──────── Data

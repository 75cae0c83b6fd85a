// Replays of edit texts, with readers and writers that may fail.

ghost use Rattle.std.specs.Prelude.{None, vec_len, ◌≤◌, length};
ghost use Rattle.streams.specs.Trails.{paths};

use edit_lines::{Failed, Reader, ReplayFault, Writer, replay};
use machine::Meter;
use replay::Runner;
use std::alloc::Global;
use streams::Trail;
use test_sessions::{Given, PRINTS, Trouble, make};

/// A replay of an edit text over a program, and the expected result.
#[derive(Clone, Copy)]
pub struct Replay<'a> {
    pub program: &'a [u8],
    pub text: &'a [u8],
    /// The largest number of bytes that are read at once.
    pub longest: usize,
    /// Whether the reader fails at the end of the text.
    pub fails: bool,
    /// The number of bytes that can be written.
    pub room: usize,
    pub replies: &'a [u8],
    /// The number of lines, or the error.
    pub answer: Result<u64, ReplayFault>,
}

// The bytes of an edit text in pieces, with a failure at the end if `fails` is set.
#[derive(Drop)]
struct Pieces<'a> {
    rest: &'a [u8],
    longest: usize,
    fails: bool,
    failures: Trail,
}

impl Reader for Pieces<'_> {
    ghost input = { λ p. record { left = None; failures = length (paths p.failures) } };

    fn read(&mut self, piece: &mut [u8]) -> Result<usize, Failed> {
        if self.rest.is_empty() && self.fails {
            self.failures = self.failures.and("");
            return Err(Failed);
        }
        let count = self.longest.min(piece.len()).min(self.rest.len());
        let (first, rest) = self.rest.split_at(count);
        piece[..count].copy_from_slice(first);
        self.rest = rest;
        Ok(count)
    }
}

// A writer with limited room, and what was written to it.
#[derive(Drop)]
struct Screen {
    text: Vec<u8>,
    room: usize,
    failures: Trail,
}

impl Writer for Screen {
    ghost output = { λ s. record { holds = None; failures = length (paths s.failures) } };

    fn write(&mut self, piece: &[u8]) -> Result<usize, Failed> {
        let count = piece.len().min(self.room);
        let taken = self.text.extend_from_slice(&piece[..count]);
        if taken.is_err() || count == 0 && !piece.is_empty() {
            self.failures = self.failures.and("");
            return Err(Failed);
        }
        self.room -= count;
        Ok(count)
    }
}

fn replays_over(alloc: Global, runner: &mut Runner, wanted: &Replay<'_>) -> bool {
    let mut reader = Pieces {
        rest: wanted.text,
        longest: wanted.longest,
        fails: wanted.fails,
        failures: Trail::new(),
    };
    let mut screen = Screen {
        text: Vec::new(alloc),
        room: wanted.room,
        failures: Trail::new(),
    };
    let mut meter = Meter::new();
    let answer = replay(alloc, runner, &mut meter, &mut reader, &mut screen);
    answer.map(|ending| ending.lines) == wanted.answer && screen.text.as_slice() == wanted.replies
}

/// Returns whether a replay has the expected result and writes the expected replies.
pub fn replays(alloc: Global, wanted: &Replay<'_>) -> Result<bool, Trouble> {
    let given = Given {
        program: wanted.program,
        ..PRINTS
    };
    let mut runner = make(alloc, &given)?;
    Ok(replays_over(alloc, &mut runner, wanted))
}
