ghost use Rattle.dependencies.specs.Dependencies.{DependenciesDecide};

/// A session that gives the same answers to all that the run of another asks, and has the same limit, has the same run.
pub fn dependencies_decide()
    ensures { DependenciesDecide }
{}
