// The message of each refusal.

use machine::SessionError;
use replay::{EditError, OptionsError};
use std::test::Fail;

#[test]
fn refused_sessions_have_their_messages(rt: HostRuntime) -> Result<(), Fail> {
    for (error, message) in [
        (SessionError::ProgramTooLong, "the program is too long"),
        (SessionError::TailTooLong, "the command tail is too long"),
        (
            SessionError::TailByte,
            "the command tail has a byte that no tail may have",
        ),
        (SessionError::ScriptTooLong, "the script is too long"),
        (SessionError::LimitTooLarge, "the limit is too large"),
    ] {
        let printed = format!(in rt.alloc(); "{error}")?;
        assert!(rt; printed.as_str() == message, "{message}");
    }
    Ok(())
}

#[test]
fn refused_edits_have_their_messages(rt: HostRuntime) -> Result<(), Fail> {
    for (error, message) in [
        (EditError::PastEnd, "past the end of the script"),
        (EditError::ScriptTooLong, "the script is too long"),
        (EditError::NoSuchFile, "no such file"),
        (EditError::FileTooLong, "the file is too long"),
        (EditError::TooManyFiles, "there are too many files"),
        (EditError::OutsideProgram, "outside the program"),
        (EditError::LimitTooLarge, "the limit is too large"),
        (EditError::OutOfMemory, "out of memory"),
    ] {
        let printed = format!(in rt.alloc(); "{error}")?;
        assert!(rt; printed.as_str() == message, "{message}");
    }
    Ok(())
}

#[test]
fn refused_options_have_their_messages(rt: HostRuntime) -> Result<(), Fail> {
    for (error, message) in [
        (OptionsError::Spacing, "the spacing is out of range"),
        (OptionsError::Slots, "the count of slots is out of range"),
        (OptionsError::OutOfMemory, "out of memory"),
    ] {
        let printed = format!(in rt.alloc(); "{error}")?;
        assert!(rt; printed.as_str() == message, "{message}");
    }
    Ok(())
}

#[test]
fn out_of_memory_has_its_numbers(rt: HostRuntime) -> Result<(), Fail> {
    assert!(rt; OptionsError::OutOfMemory.number() == 3);
    assert!(rt; EditError::OutOfMemory.number() == 8);
    Ok(())
}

────────────────

Copy every line in the data above that has the string "taken" in it.

        let taken = self.text.extend_from_slice(&piece[..count]);
        if taken.is_err() || count == 0 && !piece.is_empty() {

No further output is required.